Match what this problem looks like to known categories of problems, e.g., Linked List or Dynamic Programming, and strategies or patterns in those categories.

For Subtree Identification problems, we want to consider the following approaches:

Hash Maps: Use a hash map to store serialized forms of subtrees, allowing for quick identification of duplicate subtrees.
Tree Serialization: Serialize each subtree and use the serialized string as a key in the hash map to track occurrences.

3: P-lan

Plan the solution with appropriate visualizations and pseudocode.

General Idea:

Use a postorder traversal to serialize each subtree.
Store the serialized form of each subtree in a hash map.
If a serialized subtree appears more than once, it is a duplicate, and its root should be added to the result list.

1) Define a helper function `get_id(node)`:
    - If `node` is `None`, return 0 (identifier for null nodes).
    - Serialize the current subtree by creating a tuple `key` from the node's value and the identifiers of its left and right subtrees.
    - Check if `key` is already in the hash map:
        - If it is, increment its count.
        - If the count reaches 2, add the node to the duplicates list.
    - If `key` is not in the hash map, assign it a new identifier and add it to the map.
    - Return the identifier for the current subtree.

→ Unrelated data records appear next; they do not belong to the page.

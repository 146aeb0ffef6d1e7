//! Performs the lines of the input, one after another.

use crate::desks::{print_desk_exchange, print_desk_run, print_desk_steps};
use crate::performing::{Script, Simulation, print_script, print_trace};
use crate::places::{print_readers, print_writers};
use crate::scripts::push_line;
use crate::streams::End;
use crate::worlds::{print_ending, print_exchange, print_run, print_steps};
use ill_test_kit::{INDENT, Lines, Page};
use std::alloc::Global;

/// The answer to a line that is no case.
const NOT_UNDERSTOOD: &str = "NOT UNDERSTOOD";

/// The way in which a script is performed.
#[derive(Clone, Copy)]
enum Call {
    /// The reader ends after the script.
    Script,
    /// The reader fails after the script.
    Broken,
    /// The reader fails at each place in turn.
    Readers,
    /// The writer fails at each place in turn.
    Writers,
}

/// The kind of block that the next line is in.
#[derive(Drop)]
enum Block {
    /// The next line is in no block.
    Outside,
    /// Every line is a script of its own.
    Each(Simulation),
    /// The lines are one script.
    Script(Call, Simulation, Vec<u8>),
}

/// The block that the lines so far have begun.
#[derive(Drop)]
pub struct Session {
    /// The allocator of all values.
    alloc: Global,
    /// The block of the next line.
    block: Block,
}

/// A line that begins with `INDENT` is an old answer, and is dropped. A line that is no case is told on the page.
impl Lines for Session {
    fn perform(&mut self, page: &mut Page, line: &str) {
        if !line.starts_with(INDENT) && self.take(page, line).is_none() {
            page.line(NOT_UNDERSTOOD);
        }
    }

    fn end(&mut self, _page: &mut Page) -> Option<()> {
        Some(())
    }
}

impl Session {
    /// Returns a session before the first line.
    pub fn new(alloc: Global) -> Session {
        Session {
            alloc,
            block: Block::Outside,
        }
    }

    /// Prints a line and its answers. Returns `None` if the line is no case, or if memory runs out.
    fn take(&mut self, page: &mut Page, line: &str) -> Option<()> {
        page.line(line);
        let mut answers = Page::new(self.alloc);
        let understood = self.answer(&mut answers, line);
        page.page_after(INDENT.as_bytes(), &answers);
        understood
    }

    /// Performs a line by the block that it is in, and prints its answers. A line of a script only joins the script.
    fn answer(&mut self, answers: &mut Page, line: &str) -> Option<()> {
        if line == "end" {
            return self.end(answers);
        }
        match &mut self.block {
            Block::Outside => self.begin(answers, line),
            Block::Each(simulation) => print_alone(self.alloc, answers, *simulation, line),
            Block::Script(_, _, script) => push_line(script, line),
        }
    }

    /// Begins a block, or performs a line outside of blocks.
    fn begin(&mut self, answers: &mut Page, line: &str) -> Option<()> {
        let (word, name) = line.split_once(' ').unwrap_or((line, ""));
        match word {
            "" | "#" => return Some(()),
            "steps" => return print_steps(self.alloc, answers, name),
            "run" => return print_run(self.alloc, answers, name),
            "exchange" => return print_exchange(self.alloc, answers, name),
            "desk-steps" => return print_desk_steps(self.alloc, answers, name),
            "desk-run" => return print_desk_run(self.alloc, answers, name),
            "desk-exchange" => return print_desk_exchange(self.alloc, answers, name),
            "ending" => return print_ending(self.alloc, answers, name),
            _ => self.block = block_of(self.alloc, word)?,
        }
        Some(())
    }

    /// Ends a block, and performs its script.
    fn end(&mut self, answers: &mut Page) -> Option<()> {
        let block = std::mem::replace(&mut self.block, Block::Outside);
        match block {
            Block::Outside => None,
            Block::Each(_) => Some(()),
            Block::Script(call, simulation, script) => {
                let bytes = script.as_slice();
                print_called(self.alloc, answers, call, Script { simulation, bytes })
            }
        }
    }
}

/// Returns the block that begins with `word`, or `None` if no block begins with it.
fn block_of(alloc: Global, word: &str) -> Option<Block> {
    let (simulation, word) = match word.strip_prefix("desk-") {
        Some(word) => (Simulation::Desks, word),
        None => (Simulation::Sides, word),
    };
    match word {
        "each" => Some(Block::Each(simulation)),
        _ => Some(Block::Script(call_of(word)?, simulation, Vec::new(alloc))),
    }
}

/// Returns the call that `word` names, or `None` if it names none.
fn call_of(word: &str) -> Option<Call> {
    match word {
        "script" => Some(Call::Script),
        "broken" => Some(Call::Broken),
        "readers" => Some(Call::Readers),
        "writers" => Some(Call::Writers),
        _ => None,
    }
}

/// Performs a script in the way of `call`, and prints the result.
fn print_called(alloc: Global, page: &mut Page, call: Call, script: Script<'_>) -> Option<()> {
    match call {
        Call::Script => print_script(alloc, page, script, End::Stops),
        Call::Broken => print_script(alloc, page, script, End::Fails),
        Call::Readers => print_readers(alloc, page, script),
        Call::Writers => print_writers(alloc, page, script),
    }
}

/// Performs a line as a script of its own, and prints its trace and answer.
fn print_alone(alloc: Global, page: &mut Page, simulation: Simulation, line: &str) -> Option<()> {
    let mut bytes = Vec::new(alloc);
    push_line(&mut bytes, line)?;
    let bytes = bytes.as_slice();
    print_trace(alloc, page, Script { simulation, bytes }, End::Stops)?;
    page.text("\n");
    Some(())
}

2) Initialize an empty dictionary `tree_map` to store subtree identifiers and their counts.
3) Initialize an empty list `duplicates` to store the roots of duplicate subtrees.
4) Call `get_id` on the root node to start the traversal.
5) Return the `duplicates` list.

⚠️ Common Mistakes

Forgetting to properly serialize the subtree structure, leading to incorrect identification of duplicates.
Not handling the case where the tree has no duplicates.

4: I-mplement

Implement the code to solve the algorithm.

class TreeNode:
    def __init__(self, value, left=None, right=None):
        self.val = value
        self.left = left
        self.right = right

def find_duplicate_subtrees(hotel):
    def get_id(node):
        if not node:
            return 0  # Use 0 as the identifier for null nodes
        
        # Create a unique key for the current subtree
        key = (node.val, get_id(node.left), get_id(node.right))
        
        if key in tree_map:
            tree_id, count = tree_map[key]
            tree_map[key] = (tree_id, count + 1)
        else:
            tree_id = len(tree_map) + 1
            tree_map[key] = (tree_id, 1)
        
        # If this subtree has appeared twice, add it to duplicates
        if tree_map[key][1] == 2:
            duplicates.append(node)
        
        return tree_map[key][0]
    
    tree_map = {}
    duplicates = []
    get_id(hotel)
    
    return duplicates
    
# Example Usage:
rooms = ["Lobby", 101, 123, 201, None, 101, 201, None, None, 201]
hotel = build_tree(rooms)
subtree_lst = find_duplicate_subtrees(hotel)
for subtree in subtree_lst:
    print_tree(subtree)

5: R-eview

Review the code by running specific example(s) and recording values (watchlist) of your code's variables along the way.

- Example 1:
    - Input: 
        `rooms = ["Lobby", 101, 123, 201, None, 101, 201, None, None, 201]`
    - Execution: 
        - Traverse the tree in postorder and serialize each subtree.
        - Use the serialized form as a key in the hash map to track duplicates.
    - Output: 
        [Subtree 1: 101 -> 201, Subtree 2: 201]

- Example 2:
    - Input: 
        `rooms = ["Lobby", None, None]`
    - Execution: 
        - Traverse the single node tree.
        - No duplicates found.
    - Output: 
        []

6: E-valuate

Evaluate the performance of your algorithm and state any strong/weak or future potential work.

Time Complexity:

Time Complexity: O(N) where N is the number of nodes in the tree.
- Explanation: Each node is visited once during the postorder traversal, and each subtree is serialized and stored in constant time.

Space Complexity:

Space Complexity: O(N) where N is the number of nodes in the tree.
- Explanation: The hash map stores identifiers for each unique subtree, and in the worst case, all nodes have unique subtrees.